Compound index with null and non-null values

I understand that an index consisting of one field will not include documents whose field contains a null value. For example, if I was to create an index on FieldB, the index will not include the 3rd document.
FieldA FieldB
A 1
B 1
C
D 1

However, if then create another index with FieldB, FieldA. Will it exclude the 3rd document? Or because there is now a value for FieldA for the 3rd document?

I basically do not want to include the 3rd document in the index because FieldB has a null value. How can I achieve that?

I was thinking about creating a compound sparse index. However, how can I specify sparse index to ignore the 3rd document because FieldB does not exist? Note: I will then prevent inserting a null value to FieldB, so instead of null I will not create a value.

I guess my question is very simple.

Will a compound sparse index ignore documents if one of the index fields is empty or will it only ignore it if all fields are empty?

Hello @Bluetoba
a document will be ignored when one (or more) of the sparse index fields is (are) null / not exist.
Please keep in mind that you can not use sparse indexes for sorting. Since fields are potentially omitted the sort will end in a collection scan.

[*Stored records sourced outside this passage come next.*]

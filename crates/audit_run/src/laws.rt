//! That a command has one answer, that an audit accepts the trades that `expect` writes, what
//! `generate` answers, and that a certificate that was written is verified. That two logs have
//! one verdict is a law of `log_verdict`.
ghost use Rattle.audit_run.specs.AnswerIsOne.{AnswerIsOne, RunsAgree};
ghost use Rattle.audit_run.specs.ExpectedTrades.{AuditAcceptsExpectedTrades, ExpectedTradesAreAccepted};
ghost use Rattle.audit_run.specs.Laws.{CertifiedIsVerified, GenerateWrites};

use super::program::Auditor;
use audit_certificate::one_answer::{one_answer_for_a_text, one_certificate};
use command_run::laws::{calls_agree, held_logs_are_answered};
use log_verdict::laws::records_are_in_range;
pub use log_verdict::laws::{forms_agree, one_verdict};
use session_audit::session_laws::one_session;
use verdict_laws::histories::expected_trades_are_one;

/// Two answers to one request on the same logs have the same status and the same text, whatever
/// the command is and however long the logs are. So what `run` says is written of the logs that a
/// shelf holds is one text.
pub fn answer_is_one()
    ensures { AnswerIsOne }
{
    one_verdict();
    one_certificate();
    one_answer_for_a_text();
    one_session();
    expected_trades_are_one();
    records_are_in_range();
}

/// Of two calls of `run` on the same words, for both of which the same logs are there, within the
/// size limit, and no fault rises, one runs out of memory, or both answer the same status and
/// write the same text: whatever shelves and sinks they have, and however the bytes are cut.
pub fn runs_agree()
    ensures { RunsAgree }
{
    calls_agree::<Auditor>();
    answer_is_one();
}

/// Where a call of `run` on the words of `expect` answers 0, and it is known what the shelf
/// holds and what the sink was given, the text that it wrote is accepted as a CSV trade log
/// beside the same order log, under the same rule, with a table or without. So where a call
/// on the words of `audit` finds both logs within the size limit and nothing fails, it
/// answers 0, or that memory ran out.
pub fn expected_trades_are_accepted()
    ensures verdict { ExpectedTradesAreAccepted }
    ensures audit { AuditAcceptsExpectedTrades }
{
    held_logs_are_answered::<Auditor>();
    one_verdict();
}

/// A call of `run` on the words of `generate` answers 0, that the sink failed,
/// or that memory ran out.
pub fn generate_writes()
    ensures { GenerateWrites }
{}

/// What `certify` wrote as a certificate of two logs is verified by `verify` over the same logs.
pub fn certified_is_verified()
    ensures { CertifiedIsVerified }
{}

Here you can find further details:
Sparse Indexes MDB training
Sparse Indexes doc

Cheers Michael

1 Like

Thanks Michael,

What if I use partial index, instead of sparse index to include a field that will be used for sorting? The sorting field is positioned last.

Is it the same issue?

Hello @Bluetoba

you can build up the same behavior of a sparse index with an partial index:

db.test.createIndex(
   { field: 1 },
   { partialFilterExpression: { field: { $exists: true } } }
) 

Reading your first post I struggle to get your use case. I like to suggest you to read the attached links

General Index Documentation
Partial Index Documentation

and ideally follow the free MongoDB Training M201: MongoDB Performance which explains in detail the different indexes.

When you have further question after you went through the documentation and the class (you may only pick what you need, in the corona time this is self paced) please add you use case and question to this post, I keep it on my watch list. I am happy to help.

Cheers,
Michael

Okay the use case is for chat collection. The first chat document has a flag, Top_Chain_FLG = 1. All documents belonging to the same conversation, share the same foreign key, Top_Chain_ID, that point to the ID of first chat document.

The conversation is between merchants and buyers, as identified by Merchant_ID and Buyer_ID. So these IDs are part of the document.

The first chat document, also known as the Top_Chain documents are augmented with the attributes of the last chat message, in order for us to save many queries to extract information about the first and last chat message. It also includes information such as Last_Message_Date.

So, it essential fields look like the following:
ID, Top_Chain_ID, Top_Chain_FLG, Merchant_ID, Buyer_ID, Last_Message_Date, etc, etc (e.g. message itself, createdAt, createdDate)

What we need is to display a list of chat messages for a merchant or a buyer in the order of last messages received (known as Last_Message_Date descendingly). So, instead of doing a separate order by, I wanted to rely on the index to sort it.

So, what I initially had in mine is to create three partial indexes.

  1. Merchant_ID (partialFilterExpression where id exists)
  2. Buyer_ID (partialFilterExpression where id exists)
  3. Top_Chain_ID, Last_Message_Date descending (partialFilterExpression where Top_Chain_FLG=1). Note: the reason I included Last_Message_Date descending is because I don’t want to be sorting manually, and I want to use what’s already in the index table.

I also thought that Index Intersection will take place on both index#1 and #3 and when say I want to query on the following, but the explain plan didn’t indicate that.
Merchant_ID = xyx
Top_Chain_FLG=1

Question 1: Why doesn’t index intersection take place?

So, I created one index that combines content of index #1 and #3 together.
Merchant_ID, Top_Chain_ID, Last_Message_Date descending (partialFilterExpression where Merchant_ID exists, Top_Chain_FLG=1)

Question 2: The explain plain works as intended, but I still don’t know if the sorting really use the Last_Message_Date from the index? Does it?

Question 3: Should I use a hint? how can I do a hint based an index name?